İrlandalı muhataplarıyla yaptığı görüşmelerde, İrlanda'nın genişleme sürecini canlandırma ve Türkiye ile ilgili fasılların açılması konusunda bir kararlılığı olduğunu gözlemlediklerini belirten Bağış, ancak bunun sadece dönem başkanlığının elinde, yetkisinde olan bir konu olmadığını kaydetti.

Bağış, "Aynı zamanda Fransa'daki akıl tutulmasının da son bulacağını ve Sarkozy döneminde iki ülke arasındaki ilişkilere de çok zarar veren, fasılları engelleme sürecinin de son bulacağına dair de sinyaller alıyoruz. Ümit ederiz ki bu sinyaller gerçekleşir, hem bizim açımızdan, hem AB açısından önemli başarıları elde etmiş oluruz" dedi.

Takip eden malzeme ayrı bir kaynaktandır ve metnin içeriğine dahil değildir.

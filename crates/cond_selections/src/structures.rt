//! The structs in which selections select.
ghost use Rattle.std.specs.Prelude.{◌≡◌, ℕ, Bool, List, codes, None, IsTrue, IfOk};
ghost use Rattle.std.specs.Str.{bytes_eq};
ghost use Rattle.cond_formula.specs.Features.{has};
ghost use Rattle.cond_formula.specs.Conditions.{value};
ghost use Rattle.c_text.specs.Token.{plain_token};
ghost use Rattle.c_types.specs.Types.{plain_type};
ghost use Rattle.c_tree.specs.declared.kinds.Kind.TheVariants as k;
ghost use Rattle.c_tree.specs.Trees.{PlainTrees, leaf, more, none};
ghost use Rattle.conditional.specs.Judgements.{checked};
ghost use Rattle.choice_trees.specs.ChoiceTrees.{plain_item, plain_choices, item_at, parts_at};
ghost use Rattle.choice_variants.specs.Variants.{part_at, before};
ghost use Rattle.operand_rules.specs.PlainOperandTypes.{reason};
ghost use Rattle.cond_operands.specs.Operands.{Judged, ShowsOperand};
ghost use Rattle.selections.specs.Selections as spec;
ghost use Rattle.cond_selections.specs.Selected.{structure_number};
ghost use Rattle.cond_selections.specs.Progress as progress;
ghost use Rattle.cond_selections.specs.Progress.{or_refused, ShowsStructure};

use crate::entries::Structure;
use c_text::Token;
use c_tree::Kind;
use c_types::CType;
use choice_trees::{Choice, Item};
use choice_variants::{Part, variants};
use cond_formula::{Formula, NoMemory, Oracle};
use cond_nodes::Knowledge;
use cond_operands::{Operands, loaded};
use cond_typing::read_expression;
use conditional::{Judgement, Outcomes, judged};
use operand_rules::{OperandType, Refused};
use std::alloc::Global;

/// The struct in which something selects, or a refusal where it selects in none.
pub(crate) type Structures = Outcomes<Structure, Refused>;

#[tactic(auto, using(c_types::specs::TypeLaws::type_kinds))]
fn structure_of_type(ty: &CType) -> Result<Structure, Refused>
    ensures { checked structure_number reason result ≡ or_refused (spec.structure_of_type (plain_type ty.now)) }
{
    match ty {
        CType::Struct(number) => Ok(Structure { number: *number }),
        CType::Void
        | CType::Char
        | CType::UChar
        | CType::Int
        | CType::UInt
        | CType::Long
        | CType::ULong
        | CType::Pointer(_)
        | CType::Array(..) => Err(Refused),
    }
}

#[tactic(auto, using(c_types::specs::TypeLaws::type_kinds))]
fn structure_pointed_at(ty: &CType) -> Result<Structure, Refused>
    ensures { checked structure_number reason result ≡ or_refused (spec.structure_pointed_at (plain_type ty.now)) }
{
    match ty {
        CType::Pointer(target) => structure_of_type(target),
        CType::Void
        | CType::Char
        | CType::UChar
        | CType::Int
        | CType::UInt
        | CType::Long
        | CType::ULong
        | CType::Struct(_)
        | CType::Array(..) => Err(Refused),
    }
}

/// The struct that an operand is.
#[derive(Clone, Copy)]
struct Own;

impl Judgement<OperandType, Structure, Refused> for Own {
    ghost answers = { λ _ a r. checked structure_number reason r ≡ or_refused (spec.structure_of_type (plain_type a.ty)) };

    fn judge(
        &self,
        _alloc: Global,
        a: &OperandType,
    ) -> Result<Result<Structure, Refused>, NoMemory> {
        Ok(structure_of_type(&a.ty))
    }
}

/// The struct that a value points at.
#[derive(Clone, Copy)]
struct Target;

impl Judgement<OperandType, Structure, Refused> for Target {
    ghost answers = { λ _ a r. checked structure_number reason r ≡ or_refused (spec.structure_pointed_at (plain_type a.ty)) };

    fn judge(
        &self,
        _alloc: Global,
        a: &OperandType,
    ) -> Result<Result<Structure, Refused>, NoMemory> {
        Ok(structure_pointed_at(&a.ty))
    }
}

/// Whether a sign is `.`.
fn is_dot(select: &Token) -> bool
    ensures { result ≡ bytes_eq (plain_token select.now).text (codes ".") }
{
    select.text.as_slice() == b".".as_slice()
}

/// The struct in which `.` or `->` selects behind an operand.
fn structure_behind(
    alloc: Global,
    select: &Token,
    operand: Operands,
) -> Result<Structures, NoMemory>
    ensures { IfOk result (λ z. (on : ℕ → Bool) (x : Judged) → ShowsOperand on x operand → ShowsStructure on (spec.structure_behind (plain_token select.now) x) z) }
{
    if is_dot(select) {
        judged(alloc, &Own, operand)
    } else {
        let value = loaded(alloc, operand)?;
        judged(alloc, &Target, value)
    }
}

/// None in any configuration.
pub(crate) fn no_structure(alloc: Global) -> Result<Structures, NoMemory>
    ensures { IfOk result (λ z. (on : ℕ → Bool) → ShowsStructure on None z) }
{
    let mut all = Outcomes::nothing(alloc);
    all.place(alloc, Formula::True, Err(Refused))?;
    Ok(all)
}

/// The struct in which a token selects behind a part.
fn structure_by_token<K: Knowledge, O: Oracle>(
    alloc: Global,
    known: &K,
    oracle: &mut O,
    operand: &Part,
    select: &Token,
) -> Result<Structures, NoMemory>
    ensures kept { O.admits oracle.new ≡ O.admits oracle.old }
    ensures shows { IfOk result (λ z. (c : List Bool) (rest : PlainTrees) → IsTrue (value (has c) (K.admits known.now)) → IsTrue (value (has c) (O.admits oracle.old))
        → ShowsStructure (has c) (spec.structure_of_selection (K.known known.now c) (more (part_at (has c) operand.now) (more (leaf (plain_token select.now)) rest))) z) }
{
    match operand {
        Part::Item(item) => {
            let read = read_expression(alloc, known, oracle, item)?;
            structure_behind(alloc, select, read.outcomes)
        }
        Part::NoStatement => no_structure(alloc),
    }
}

/// The struct in which an item selects behind a part, if it is a token.
#[tactic(auto, using(choice_trees::specs::ItemLaws::item_kinds))]
fn structure_by_item<K: Knowledge, O: Oracle>(
    alloc: Global,
    known: &K,
    oracle: &mut O,
    operand: &Part,
    select: &Item,
) -> Result<Structures, NoMemory>
    ensures kept { O.admits oracle.new ≡ O.admits oracle.old }
    ensures shows { IfOk result (λ z. (c : List Bool) (rest : PlainTrees) → IsTrue (value (has c) (K.admits known.now)) → IsTrue (value (has c) (O.admits oracle.old))
        → ShowsStructure (has c) (spec.structure_of_selection (K.known known.now c) (more (part_at (has c) operand.now) (more (item_at (has c) (plain_item select.now)) rest))) z) }
{
    match select {
        Item::Leaf(_, token) => structure_by_token(alloc, known, oracle, operand, token),
        Item::Node(..) => no_structure(alloc),
    }
}

/// The struct in which a part selects behind another.
fn structure_by_part<K: Knowledge, O: Oracle>(
    alloc: Global,
    known: &K,
    oracle: &mut O,
    operand: &Part,
    select: &Part,
) -> Result<Structures, NoMemory>
    ensures kept { O.admits oracle.new ≡ O.admits oracle.old }
    ensures shows { IfOk result (λ z. (c : List Bool) (rest : PlainTrees) → IsTrue (value (has c) (K.admits known.now)) → IsTrue (value (has c) (O.admits oracle.old))
        → ShowsStructure (has c) (spec.structure_of_selection (K.known known.now c) (more (part_at (has c) operand.now) (more (part_at (has c) select.now) rest))) z) }
{
    match select {
        Part::Item(item) => structure_by_item(alloc, known, oracle, operand, item),
        Part::NoStatement => no_structure(alloc),
    }
}

/// The struct in which a selection with these parts selects.
fn structure_of_parts<K: Knowledge, O: Oracle>(
    alloc: Global,
    known: &K,
    oracle: &mut O,
    parts: &[Part],
) -> Result<Structures, NoMemory>
    ensures kept { O.admits oracle.new ≡ O.admits oracle.old }
    ensures shows { IfOk result (λ z. (c : List Bool) → IsTrue (value (has c) (K.admits known.now)) → IsTrue (value (has c) (O.admits oracle.old))
        → ShowsStructure (has c) (spec.structure_of_selection (K.known known.now c) (before (has c) parts.now none)) z) }
{
    if parts.len() < 2 {
        no_structure(alloc)
    } else {
        structure_by_part(alloc, known, oracle, &parts[0], &parts[1])
    }
}

/// The struct in which a selection selects, variant by variant.
fn structure_of_selection<K: Knowledge, O: Oracle>(
    alloc: Global,
    known: &K,
    oracle: &mut O,
    parts: &[Choice<Item>],
) -> Result<Structures, NoMemory>
    ensures kept { O.admits oracle.new ≡ O.admits oracle.old }
    ensures shows { IfOk result (λ z. (c : List Bool) → IsTrue (value (has c) (K.admits known.now)) → IsTrue (value (has c) (O.admits oracle.old))
        → ShowsStructure (has c) (spec.structure_of_selection (K.known known.now c) (parts_at (has c) k.Selection 0 (plain_choices parts.now))) z) }
{
    let variants = variants(alloc, Kind::Selection, parts, oracle)?;
    let mut all = Outcomes::nothing(alloc);
    for variant in &variants {
        let structure = structure_of_parts(alloc, known, oracle, &variant.parts)?;
        all.place_under(alloc, &variant.when, &structure)?;
    }
    Ok(all)
}

fn is_selection(kind: Kind) -> bool
    ensures { result ≡ progress.is_selection kind }
{
    match kind {
        Kind::Selection => true,
        _ => false,
    }
}

/// The struct in which a node selects, if it is a selection.
pub(crate) fn structure_of_node<K: Knowledge, O: Oracle>(
    alloc: Global,
    known: &K,
    oracle: &mut O,
    kind: Kind,
    parts: &[Choice<Item>],
) -> Result<Structures, NoMemory>
    ensures kept { O.admits oracle.new ≡ O.admits oracle.old }
    ensures shows { IfOk result (λ z. (c : List Bool) → IsTrue (value (has c) (K.admits known.now)) → IsTrue (value (has c) (O.admits oracle.old))
        → ShowsStructure (has c) (spec.structure_of_node (K.known known.now c) kind (parts_at (has c) kind 0 (plain_choices parts.now))) z) }
{
    if is_selection(kind) {
        structure_of_selection(alloc, known, oracle, parts)
    } else {
        no_structure(alloc)
    }
}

AB'nin Nobel Barış ödülü'nü aldığını anımsatan Bağış, bu ödülün alınma ve ilan edilişinde yapılan bütün açıklamalarda, AB'nin Türkiye'deki demokratikleşme sürecine katkılarının ifade edildiğini anımsattı. Bağış, şöyle devam etti:

"Bugün ülkemiz, AB açılmamış 20 faslın 17'sini engellerken AB'nin Nobel Barış Ödülü almasına en çok katkı veren ülke olarak, bizim tarafımızdan değil, onlar tarafından ilan edildi. Biz bu süreçteki kararlılığımızı aynı şekilde yürüteceğiz. Türkiye'nin AB'den uzaklaştığını iddia edenler son derece büyük bir yanılgı içindedirler. Türkiye, AB sürecinde aynı kararlılıkla yoluna devam etmektedir. Ama Türkiye'den uzaklaşan bir AB'nin anlamının kalmayacağını da Avrupalılara çok net bir şekilde hissettirdiğimiz bir dönemi hep beraber yaşıyoruz."

AB ile mali işbirliğinde de önemli başarılar elde edildiğini ifade eden Bağış, bu çerçevede Türkiye'nin, 2006-2013 dönemi arasında kendisine hibe olarak ayrılan 4,9 milyar dolarla çok önemli projeler gerçekleştirdiğini kaydetti. Bağış, 2014-2020 AB bütçesinden de Türkiye'nin hak ettiği fonları alabilmesi için yoğun bir çaba içerisinde olduklarını bildirdi.